> [Exercise]: All entries should be printed precisely as written.

> [Data for this exercise]:

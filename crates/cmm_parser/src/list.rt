//! Lists with a comma between two.

ghost use Rattle.std.specs.Prelude.{◌≡◌, ◌-◌, ◌<◌, ◌≤◌, ◌∷◌, [], ℕ, Bool, length, OnOk, Result};
ghost use Rattle.cmm_lexer.specs.declared.piece.Lexeme.{Lexeme};
ghost use Rattle.cmm_grammar.specs.Reading.{Reads, next, passes};
ghost use Rattle.cmm_grammar.specs.Reading as readers;
ghost use Rattle.cmm_parser.specs.inside.Parsing.{Takes, MayTake, point_of};
ghost use Rattle.cmm_parser.specs.Faults.{lexeme_in};

use crate::fault::Stop;
use crate::parser::Parser;
use cmm_items::Items;
use cmm_lexer::{Symbol, TokenKind};

/// What a list holds.
pub(crate) trait Listed: Drop {
    /// How one is read.
    ghost reads: { ℕ → Reads Self };

    /// One begins with such a token.
    ghost begins: { Lexeme → Bool };

    /// One begins with the next token.
    fn is_next(parser: &Parser<'_>) -> bool
        ensures { passes Self.begins (next (point_of parser.now).left) ≡ result };

    fn parse(parser: &mut Parser<'_>) -> Result<Self, Stop>
        ensures { Takes (λ fuel. Self.reads fuel) (point_of parser.old) result (point_of parser.new) };
}

impl Parser<'_> {
    /// One or more.
    pub(crate) fn commas<T: Listed>(&mut self) -> Result<Items<T>, Stop>
        ensures { Takes (λ fuel. readers.commas fuel (T.reads fuel)) (point_of self.old) result (point_of self.new) }
    {
        let mut items = Items::new(self.alloc);
        items.push(T::parse(self)?)?;
        while self.accept(Symbol::Comma) {
            items.push(T::parse(self)?)?;
        }
        Ok(items)
    }

    /// One or more, after which a comma may stand.
    pub(crate) fn listed<T: Listed>(&mut self) -> Result<Items<T>, Stop>
        ensures { Takes (λ fuel. readers.listed fuel T.begins (T.reads fuel)) (point_of self.old) result (point_of self.new) }
    {
        let first = T::parse(self)?;
        self.listed_from(first)
    }

    /// One or more, the first of which is taken, after which a comma may stand.
    pub(crate) fn listed_from<T: Listed>(&mut self, first: T) -> Result<Items<T>, Stop>
        ensures { MayTake (λ fuel. readers.more_listed fuel T.begins (T.reads fuel) (first ∷ [])) (point_of self.old) result (point_of self.new) }
    {
        let mut items = Items::new(self.alloc);
        items.push(first)?;
        while self.accept(Symbol::Comma) && T::is_next(self) {
            items.push(T::parse(self)?)?;
        }
        Ok(items)
    }

    /// None, or one or more, after which a comma may stand.
    pub(crate) fn may_list<T: Listed>(&mut self) -> Result<Items<T>, Stop>
        ensures { MayTake (λ fuel. readers.may_list fuel T.begins (T.reads fuel)) (point_of self.old) result (point_of self.new) }
    {
        if T::is_next(self) {
            self.listed()
        } else {
            Ok(Items::new(self.alloc))
        }
    }

    /// As many as there are.
    pub(crate) fn many<T: Listed>(&mut self) -> Result<Items<T>, Stop>
        ensures { MayTake (λ fuel. readers.many fuel T.begins (T.reads fuel) []) (point_of self.old) result (point_of self.new) }
    {
        let mut items = Items::new(self.alloc);
        while T::is_next(self) {
            items.push(T::parse(self)?)?;
        }
        Ok(items)
    }
}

> [Task solution]:
filename crates/cmm_parser/src/list.rt
//! Lists with a comma between two.

ghost use Rattle.std.specs.Prelude.{◌≡◌, ◌-◌, ◌<◌, ◌≤◌, ◌∷◌, [], ℕ, Bool, length, OnOk, Result};
ghost use Rattle.cmm_lexer.specs.declared.piece.Lexeme.{Lexeme};
ghost use Rattle.cmm_grammar.specs.Reading.{Reads, next, passes};
ghost use Rattle.cmm_grammar.specs.Reading as readers;
ghost use Rattle.cmm_parser.specs.inside.Parsing.{Takes, MayTake, point_of};
ghost use Rattle.cmm_parser.specs.Faults.{lexeme_in};

use crate::fault::Stop;
use crate::parser::Parser;
use cmm_items::Items;
use cmm_lexer::{Symbol, TokenKind};

/// What a list holds.
pub(crate) trait Listed: Drop {
    /// How one is read.
    ghost reads: { ℕ → Reads Self };

    /// One begins with such a token.
    ghost begins: { Lexeme → Bool };

    /// One begins with the next token.
    fn is_next(parser: &Parser<'_>) -> bool
        ensures { passes Self.begins (next (point_of parser.now).left) ≡ result };

    fn parse(parser: &mut Parser<'_>) -> Result<Self, Stop>
        ensures { Takes (λ fuel. Self.reads fuel) (point_of parser.old) result (point_of parser.new) };
}

impl Parser<'_> {
    /// One or more.
    pub(crate) fn commas<T: Listed>(&mut self) -> Result<Items<T>, Stop>
        ensures { Takes (λ fuel. readers.commas fuel (T.reads fuel)) (point_of self.old) result (point_of self.new) }
    {
        let mut items = Items::new(self.alloc);
        items.push(T::parse(self)?)?;
        while self.accept(Symbol::Comma) {
            items.push(T::parse(self)?)?;
        }
        Ok(items)
    }

    /// One or more, after which a comma may stand.
    pub(crate) fn listed<T: Listed>(&mut self) -> Result<Items<T>, Stop>
        ensures { Takes (λ fuel. readers.listed fuel T.begins (T.reads fuel)) (point_of self.old) result (point_of self.new) }
    {
        let first = T::parse(self)?;
        self.listed_from(first)
    }

    /// One or more, the first of which is taken, after which a comma may stand.
    pub(crate) fn listed_from<T: Listed>(&mut self, first: T) -> Result<Items<T>, Stop>
        ensures { MayTake (λ fuel. readers.more_listed fuel T.begins (T.reads fuel) (first ∷ [])) (point_of self.old) result (point_of self.new) }
    {
        let mut items = Items::new(self.alloc);
        items.push(first)?;
        while self.accept(Symbol::Comma) && T::is_next(self) {
            items.push(T::parse(self)?)?;
        }
        Ok(items)
    }

    /// None, or one or more, after which a comma may stand.
    pub(crate) fn may_list<T: Listed>(&mut self) -> Result<Items<T>, Stop>
        ensures { MayTake (λ fuel. readers.may_list fuel T.begins (T.reads fuel)) (point_of self.old) result (point_of self.new) }
    {
        if T::is_next(self) {
            self.listed()
        } else {
            Ok(Items::new(self.alloc))
        }
    }

    /// As many as there are.
    pub(crate) fn many<T: Listed>(&mut self) -> Result<Items<T>, Stop>
        ensures { MayTake (λ fuel. readers.many fuel T.begins (T.reads fuel) []) (point_of self.old) result (point_of self.new) }
    {
        let mut items = Items::new(self.alloc);
        while T::is_next(self) {
            items.push(T::parse(self)?)?;
        }
        Ok(items)
    }
}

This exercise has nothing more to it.